On the other hand, the Mt. Ibuki lineage showed a sudden population bottleneck 300–400 years ago. Although this supports the hypothesis that the Mt. Ibuki lineage was introduced by Christian missionaries in the Middle Ages, it contradicts the previous paragraph. Instead, since the whole of Mt. Ibuki has been used by local people from the Middle Ages to about 70 years ago to collect plants for medicine, fertilizer, and feed6, it is simpler to assume that this sudden population bottleneck observed is due to such human disturbance. This may become clearer when the population demographies of the other grasses or herbs growing on Mt. Ibuki are investigated in future studies.

All of our population genetic analyses of the SNP data sets generated by MIG-seq are based on the neutral theory. However, since MIG-seq is a genotyping-by-sequencing method closely related to microsatellites, and some microsatellites modulate transcription factors41, some SNPs may have been affected by natural selection. In addition, although the recent new evolutionary theory, maximum genetic diversity theory, suggests that the mutation rate changes in different genomic regions depending on the degree of complexity of organisms42, our demographic modeling assumes a constant mutation rate throughout the genome, and it may affect the estimation of event time, i.e., divergence time or time for population size change. Therefore, in the future, a more realistic population genetic model will be able to estimate more accurate results.
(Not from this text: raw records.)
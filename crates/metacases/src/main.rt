// Holds metadata files against a delivery's counts and sizes and prints a line for each: the case, and the reason and the line of what is
// wrong first, or OK. The delivery has five records of file 1 and four of file 5.
#![tactic(auto)]

mod room;

use metadata::check::check_metadata;
use room::Room;
use std::io;
use std::io::Write;

const COUNTS: [u64; 8] = [5, 0, 0, 0, 4, 0, 0, 0];

const SIZES: [u64; 8] = [665, 0, 0, 0, 308, 0, 0, 0];

// The lawful file: its version, and its two sections.
const VERSION: &[u8] = b"VERSION_DE_MIGRA=1\r\n";

const FIRST: &[u8] =
    b"[FICHERO1]\r\nNOMBRE_MIGRA=Catalogo_de_elementos\r\nNUMERO_DE_REGISTROS=5\r\nTAMA\xD1O_EN_BYTES=665\r\n";

const SECOND: &[u8] =
    b"[FICHERO2]\r\nNOMBRE_MIGRA=Tramo\r\nNUMERO_DE_REGISTROS=4\r\nTAMA\xD1O_EN_BYTES=308\r\n";

fn tell<W: Write>(out: &mut W, label: &str, m: &[u8]) -> io::Result<()> {
    match check_metadata(m, &COUNTS, &SIZES) {
        Ok(()) => writeln!(out, "{label} OK"),
        Err(fault) => writeln!(out, "{label} {:04} {:04}", fault.rule.number(), fault.line),
    }
}

// A file of several parts.
fn case<W: Write>(out: &mut W, label: &str, parts: &[&[u8]]) -> io::Result<()> {
    let mut room = Room::new();
    for part in parts {
        room.add(*part);
    }
    tell(out, label, room.bytes())
}

// The lawful one with other lines for a part of it: the version,
fn version<W: Write>(out: &mut W, label: &str, t: &[u8]) -> io::Result<()> {
    case(out, label, &[t, FIRST, SECOND])
}

// the first section,
fn first<W: Write>(out: &mut W, label: &str, t: &[u8]) -> io::Result<()> {
    case(out, label, &[VERSION, t, SECOND])
}

// the second,
fn second<W: Write>(out: &mut W, label: &str, t: &[u8]) -> io::Result<()> {
    case(out, label, &[VERSION, FIRST, t])
}

// and with lines after them.
fn after<W: Write>(out: &mut W, label: &str, t: &[u8]) -> io::Result<()> {
    case(out, label, &[VERSION, FIRST, SECOND, t])
}

fn cases_1<W: Write>(out: &mut W) -> io::Result<()> {
    after(out, "lawful", b"")?;
    version(out, "version missing", b"")?;
    version(out, "version 01", b"VERSION_DE_MIGRA=01\r\n")?;
    version(out, "version 1 and a blank", b"VERSION_DE_MIGRA=1 \r\n")?;
    version(
        out,
        "blanks beside the equals sign",
        b"VERSION_DE_MIGRA  =  1\r\n",
    )?;
    version(out, "version in small letters", b"version_de_migra=1\r\n")?;
    version(out, "version 2", b"VERSION_DE_MIGRA=2\r\n")?;
    version(out, "version empty", b"VERSION_DE_MIGRA=\r\n")?;
    version(
        out,
        "version 1 and then 3",
        b"VERSION_DE_MIGRA=1\r\nVERSION_DE_MIGRA=3\r\n",
    )?;
    version(out, "a blank before the key", b" VERSION_DE_MIGRA=1\r\n")?;
    version(out, "a blank in the key", b"VERSION_DE MIGRA=1\r\n")?;
    after(out, "empty line", b"\r\n")
}

fn cases_2<W: Write>(out: &mut W) -> io::Result<()> {
    after(out, "line of a blank", b" \r\n")?;
    after(out, "comment", b"# a\r\n")?;
    after(out, "comment with an equals sign", b"# a=b\r\n")?;
    after(out, "nothing before the equals sign", b"=a\r\n")?;
    after(out, "blanks before the equals sign", b"  =a\r\n")?;
    after(out, "equals sign before another", b"==\r\n")?;
    after(out, "words", b"a b c\r\n")?;
    after(out, "section and a key", b"[A] B=c\r\n")?;
    after(out, "section with an equals sign", b"[A=B]\r\n")?;
    after(out, "section without a name", b"[]\r\n")?;
    after(out, "bracket alone", b"[\r\n")?;
    after(out, "bracket not closed", b"[NOTAS\r\n")
}

fn cases_3<W: Write>(out: &mut W) -> io::Result<()> {
    after(out, "no end mark", b"A=b")?;
    after(out, "0D alone at the end", b"A=b\x0D")?;
    after(out, "0D in a value", b"A=b\x0Dc\r\n")?;
    after(out, "0A in a value", b"A=b\nc\r\n")?;
    after(out, "0D before the end mark", b"A=b\x0D\r\n")?;
    first(
        out,
        "catalogue with its accent",
        b"[FICHERO1]\r\nNOMBRE_MIGRA=Cat\xE1logo_de_elementos\r\nNUMERO_DE_REGISTROS=5\r\nTAMA\xD1O_EN_BYTES=665\r\n",
    )?;
    first(
        out,
        "catalogue in capitals with its accent",
        b"[FICHERO1]\r\nNOMBRE_MIGRA=CAT\xC1LOGO_DE_ELEMENTOS\r\nNUMERO_DE_REGISTROS=5\r\nTAMA\xD1O_EN_BYTES=665\r\n",
    )?;
    first(
        out,
        "catalogue by its short name",
        b"[FICHERO1]\r\nNOMBRE_MIGRA=CATALOGO\r\nNUMERO_DE_REGISTROS=5\r\nTAMA\xD1O_EN_BYTES=665\r\n",
    )?;
    first(
        out,
        "catalogue with blanks",
        b"[FICHERO1]\r\nNOMBRE_MIGRA=Catalogo de elementos\r\nNUMERO_DE_REGISTROS=5\r\nTAMA\xD1O_EN_BYTES=665\r\n",
    )?;
    after(
        out,
        "a further file without records",
        b"[FICHERO3]\r\nNOMBRE_MIGRA=nodo\r\nNUMERO_DE_REGISTROS=0\r\nTAMA\xD1O_EN_BYTES=0\r\n",
    )?;
    after(
        out,
        "an unknown file",
        b"[FICHERO3]\r\nNOMBRE_MIGRA=Objeto puntual\r\nNUMERO_DE_REGISTROS=0\r\nTAMA\xD1O_EN_BYTES=0\r\n",
    )?;
    after(
        out,
        "a file that comes later",
        b"[FICHERO3]\r\nNOMBRE_MIGRA=Perimetro\r\nNUMERO_DE_REGISTROS=0\r\nTAMA\xD1O_EN_BYTES=0\r\n",
    )
}

fn cases_4<W: Write>(out: &mut W) -> io::Result<()> {
    after(
        out,
        "a file out of its order",
        b"[FICHERO3]\r\nNOMBRE_MIGRA=Objeto_puntual\r\nNUMERO_DE_REGISTROS=0\r\nTAMA\xD1O_EN_BYTES=0\r\n",
    )?;
    after(
        out,
        "composites after tramos",
        b"[FICHERO3]\r\nNOMBRE_MIGRA=Objeto_compuesto\r\nNUMERO_DE_REGISTROS=0\r\nTAMA\xD1O_EN_BYTES=0\r\n",
    )?;
    after(
        out,
        "a file listed twice",
        b"[FICHERO3]\r\nNOMBRE_MIGRA=Tramo\r\nNUMERO_DE_REGISTROS=4\r\nTAMA\xD1O_EN_BYTES=308\r\n",
    )?;
    first(
        out,
        "composites between the two",
        b"[FICHERO1]\r\nNOMBRE_MIGRA=Catalogo_de_elementos\r\nNUMERO_DE_REGISTROS=5\r\nTAMA\xD1O_EN_BYTES=665\r\n[FICHERO9]\r\nNOMBRE_MIGRA=OBJETO_COMPUESTO\r\nNUMERO_DE_REGISTROS=0\r\nTAMA\xD1O_EN_BYTES=0\r\n",
    )?;
    second(out, "a file with records not listed", b"")?;
    second(
        out,
        "name absent",
        b"[FICHERO2]\r\nNUMERO_DE_REGISTROS=4\r\nTAMA\xD1O_EN_BYTES=308\r\n",
    )?;
    second(
        out,
        "size absent",
        b"[FICHERO2]\r\nNOMBRE_MIGRA=Tramo\r\nNUMERO_DE_REGISTROS=4\r\n",
    )?;
    second(
        out,
        "count absent",
        b"[FICHERO2]\r\nNOMBRE_MIGRA=Tramo\r\nTAMA\xD1O_EN_BYTES=308\r\n",
    )?;
    second(
        out,
        "count twice",
        b"[FICHERO2]\r\nNOMBRE_MIGRA=Tramo\r\nNUMERO_DE_REGISTROS=4\r\nTAMA\xD1O_EN_BYTES=308\r\nNUMERO_DE_REGISTROS=4\r\n",
    )?;
    second(
        out,
        "name twice",
        b"[FICHERO2]\r\nNOMBRE_MIGRA=Tramo\r\nNUMERO_DE_REGISTROS=4\r\nTAMA\xD1O_EN_BYTES=308\r\nNOMBRE_MIGRA=Tramo\r\n",
    )?;
    second(
        out,
        "size twice",
        b"[FICHERO2]\r\nNOMBRE_MIGRA=Tramo\r\nNUMERO_DE_REGISTROS=4\r\nTAMA\xD1O_EN_BYTES=308\r\nTAMA\xF1o_en bytes=308\r\n",
    )?;
    second(
        out,
        "name twice, the second unknown",
        b"[FICHERO2]\r\nNOMBRE_MIGRA=Tramo\r\nNUMERO_DE_REGISTROS=4\r\nTAMA\xD1O_EN_BYTES=308\r\nNOMBRE_MIGRA=x\r\n",
    )
}

fn cases_5<W: Write>(out: &mut W) -> io::Result<()> {
    after(out, "section of a file without keys", b"[FICHERO3]\r\n")?;
    after(out, "the same in small letters", b"[fichero3]\r\n")?;
    after(out, "section without digits", b"[FICHERO]\r\n")?;
    after(
        out,
        "section with a letter after its digits",
        b"[FICHERO3A]\r\n",
    )?;
    after(out, "section with an underscore", b"[FICHERO_3]\r\n")?;
    after(out, "section with a blank", b"[FICHERO 3]\r\n")?;
    after(
        out,
        "keys in another section",
        b"[NOTAS]\r\nNOMBRE_MIGRA=x\r\nNUMERO_DE_REGISTROS=9\r\nNUMERO_DE_REGISTROS=9\r\n",
    )?;
    second(
        out,
        "size before name",
        b"[FICHERO2]\r\nTAMA\xD1O_EN_BYTES=308\r\nNUMERO_DE_REGISTROS=4\r\nNOMBRE_MIGRA=Tramo\r\n",
    )?;
    second(
        out,
        "count with its accent",
        b"[FICHERO2]\r\nNOMBRE_MIGRA=Tramo\r\nN\xDAMERO_DE_REGISTROS=4\r\nTAMA\xD1O_EN_BYTES=308\r\n",
    )?;
    second(
        out,
        "count with its accent in small letters",
        b"[FICHERO2]\r\nNOMBRE_MIGRA=Tramo\r\nn\xFAmero_de_registros=4\r\nTAMA\xD1O_EN_BYTES=308\r\n",
    )?;
    second(
        out,
        "count with blanks in its key",
        b"[FICHERO2]\r\nNOMBRE_MIGRA=Tramo\r\nNUMERO DE REGISTROS=4\r\nTAMA\xD1O_EN_BYTES=308\r\n",
    )?;
    second(
        out,
        "count 004",
        b"[FICHERO2]\r\nNOMBRE_MIGRA=Tramo\r\nNUMERO_DE_REGISTROS=004\r\nTAMA\xD1O_EN_BYTES=308\r\n",
    )
}

fn cases_6<W: Write>(out: &mut W) -> io::Result<()> {
    second(
        out,
        "count 5",
        b"[FICHERO2]\r\nNOMBRE_MIGRA=Tramo\r\nNUMERO_DE_REGISTROS=5\r\nTAMA\xD1O_EN_BYTES=308\r\n",
    )?;
    second(
        out,
        "count no number",
        b"[FICHERO2]\r\nNOMBRE_MIGRA=Tramo\r\nNUMERO_DE_REGISTROS=four\r\nTAMA\xD1O_EN_BYTES=308\r\n",
    )?;
    second(
        out,
        "count empty",
        b"[FICHERO2]\r\nNOMBRE_MIGRA=Tramo\r\nNUMERO_DE_REGISTROS=\r\nTAMA\xD1O_EN_BYTES=308\r\n",
    )?;
    second(
        out,
        "count and a blank",
        b"[FICHERO2]\r\nNOMBRE_MIGRA=Tramo\r\nNUMERO_DE_REGISTROS=4 \r\nTAMA\xD1O_EN_BYTES=308\r\n",
    )?;
    second(
        out,
        "count of forty digits",
        b"[FICHERO2]\r\nNOMBRE_MIGRA=Tramo\r\nNUMERO_DE_REGISTROS=1000000000000000000000000000000000000004\r\nTAMA\xD1O_EN_BYTES=308\r\n",
    )?;
    second(
        out,
        "count after forty zeros",
        b"[FICHERO2]\r\nNOMBRE_MIGRA=Tramo\r\nNUMERO_DE_REGISTROS=00000000000000000000000000000000000000004\r\nTAMA\xD1O_EN_BYTES=308\r\n",
    )?;
    second(
        out,
        "size with a blank for the second underscore",
        b"[FICHERO2]\r\nNOMBRE_MIGRA=Tramo\r\nNUMERO_DE_REGISTROS=4\r\nTAMA\xD1O_EN BYTES=308\r\n",
    )?;
    second(
        out,
        "size with a blank for the first underscore",
        b"[FICHERO2]\r\nNOMBRE_MIGRA=Tramo\r\nNUMERO_DE_REGISTROS=4\r\nTAMA\xD1O EN_BYTES=308\r\n",
    )?;
    second(
        out,
        "size without its tilde",
        b"[FICHERO2]\r\nNOMBRE_MIGRA=Tramo\r\nNUMERO_DE_REGISTROS=4\r\nTAMANO_EN_BYTES=308\r\n",
    )?;
    second(
        out,
        "size in UTF-8",
        b"[FICHERO2]\r\nNOMBRE_MIGRA=Tramo\r\nNUMERO_DE_REGISTROS=4\r\nTAMA\xC3\x91O_EN_BYTES=308\r\n",
    )?;
    second(
        out,
        "size 309",
        b"[FICHERO2]\r\nNOMBRE_MIGRA=Tramo\r\nNUMERO_DE_REGISTROS=4\r\nTAMA\xD1O_EN_BYTES=309\r\n",
    )?;
    second(
        out,
        "size 4",
        b"[FICHERO2]\r\nNOMBRE_MIGRA=Tramo\r\nNUMERO_DE_REGISTROS=4\r\nTAMA\xD1O_EN_BYTES=4\r\n",
    )
}

fn cases_7<W: Write>(out: &mut W) -> io::Result<()> {
    second(
        out,
        "count and size exchanged",
        b"[FICHERO2]\r\nNOMBRE_MIGRA=Tramo\r\nNUMERO_DE_REGISTROS=308\r\nTAMA\xD1O_EN_BYTES=4x\r\n",
    )
}

// The lawful file, with room for more.
fn lawful() -> Room {
    let mut room = Room::new();
    room.add(VERSION);
    room.add(FIRST);
    room.add(SECOND);
    room
}

// A line of 256 bytes, and one byte more.
fn lengths<W: Write>(out: &mut W) -> io::Result<()> {
    let mut room = lawful();
    room.add(b"A=");
    for _ in 0..254 {
        room.add(b"a");
    }
    let mut whole = room;
    whole.add(b"\r\n");
    tell(out, "line of 256 bytes", whole.bytes())?;
    room.add(b"a");
    let mut long = room;
    long.add(b"\r\n");
    tell(out, "line of 257 bytes", long.bytes())?;
    tell(out, "line of 257 bytes without its end mark", room.bytes())
}

// 2,048 lines, and one more.
fn numbers<W: Write>(out: &mut W) -> io::Result<()> {
    let mut room = lawful();
    for _ in 9..2048 {
        room.add(b"\r\n");
    }
    tell(out, "2,048 lines", room.bytes())?;
    let mut one_more = room;
    one_more.add(b"\r\n");
    tell(out, "2,049 lines", one_more.bytes())?;
    room.add(b"a");
    tell(out, "2,048 lines and a byte", room.bytes())
}

fn main(rt: HostRuntime) -> io::Result<()> {
    let out = &mut rt.stdout();
    tell(out, "no byte", b"")?;
    cases_1(out)?;
    cases_2(out)?;
    cases_3(out)?;
    cases_4(out)?;
    cases_5(out)?;
    cases_6(out)?;
    cases_7(out)?;
    lengths(out)?;
    numbers(out)
}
Although our overseas sample collection is incomplete and sequenced regions of cpDNA are short and limited, even if we will increase overseas samples and sequence more regions, the main result will not change, and therefore, we concluded that the Japanese lineage of V. sepium is not introduced but is native. The existence of a recently discovered natural habitat in southern Hokkaido supports this conclusion. Therefore, its existence on Mt. Ibuki does not support the existence of a rumored medicinal plant garden, as mentioned in the introduction. The Mt. Ibuki and the Hokkaido lineages diverged during the last glacial period, and the effective population size of the Hokkaido lineage decreased after the end of the last glacial period, owing to climate change during the Holocene. Although the Mt. Ibuki lineage maintained its effective population size after the end of the last glacial period owing to the endemic environment of the mountain, its effective population size also decreased owing to recent human disturbance. As a result, these two Japanese lineages now have very low genetic diversity compared with overseas V. sepium samples. Therefore, the distribution of V. sepium, which is widely distributed on the Eurasian continent, is very limited in Japan, perhaps because the Holocene climate of Japan is unsuitable for it. Although there are no plants distributed only in Mt. Ibuki and Hokkaido like V. sepium, as the Mt. Ibuki is known to be the southern/western limit of subalpine to alpine plants, for example, Geranium yesoense43. In addition, Japanese alpine plants distributed from the high mountains of central Japan to Hokkaido have two different origins, southern or northern44. Future population genetic studies of V. sepium with more detailed sampling in East Asian regions, including the Maritime Province of Siberia surrounding the Sea of Japan may help to elucidate its origin.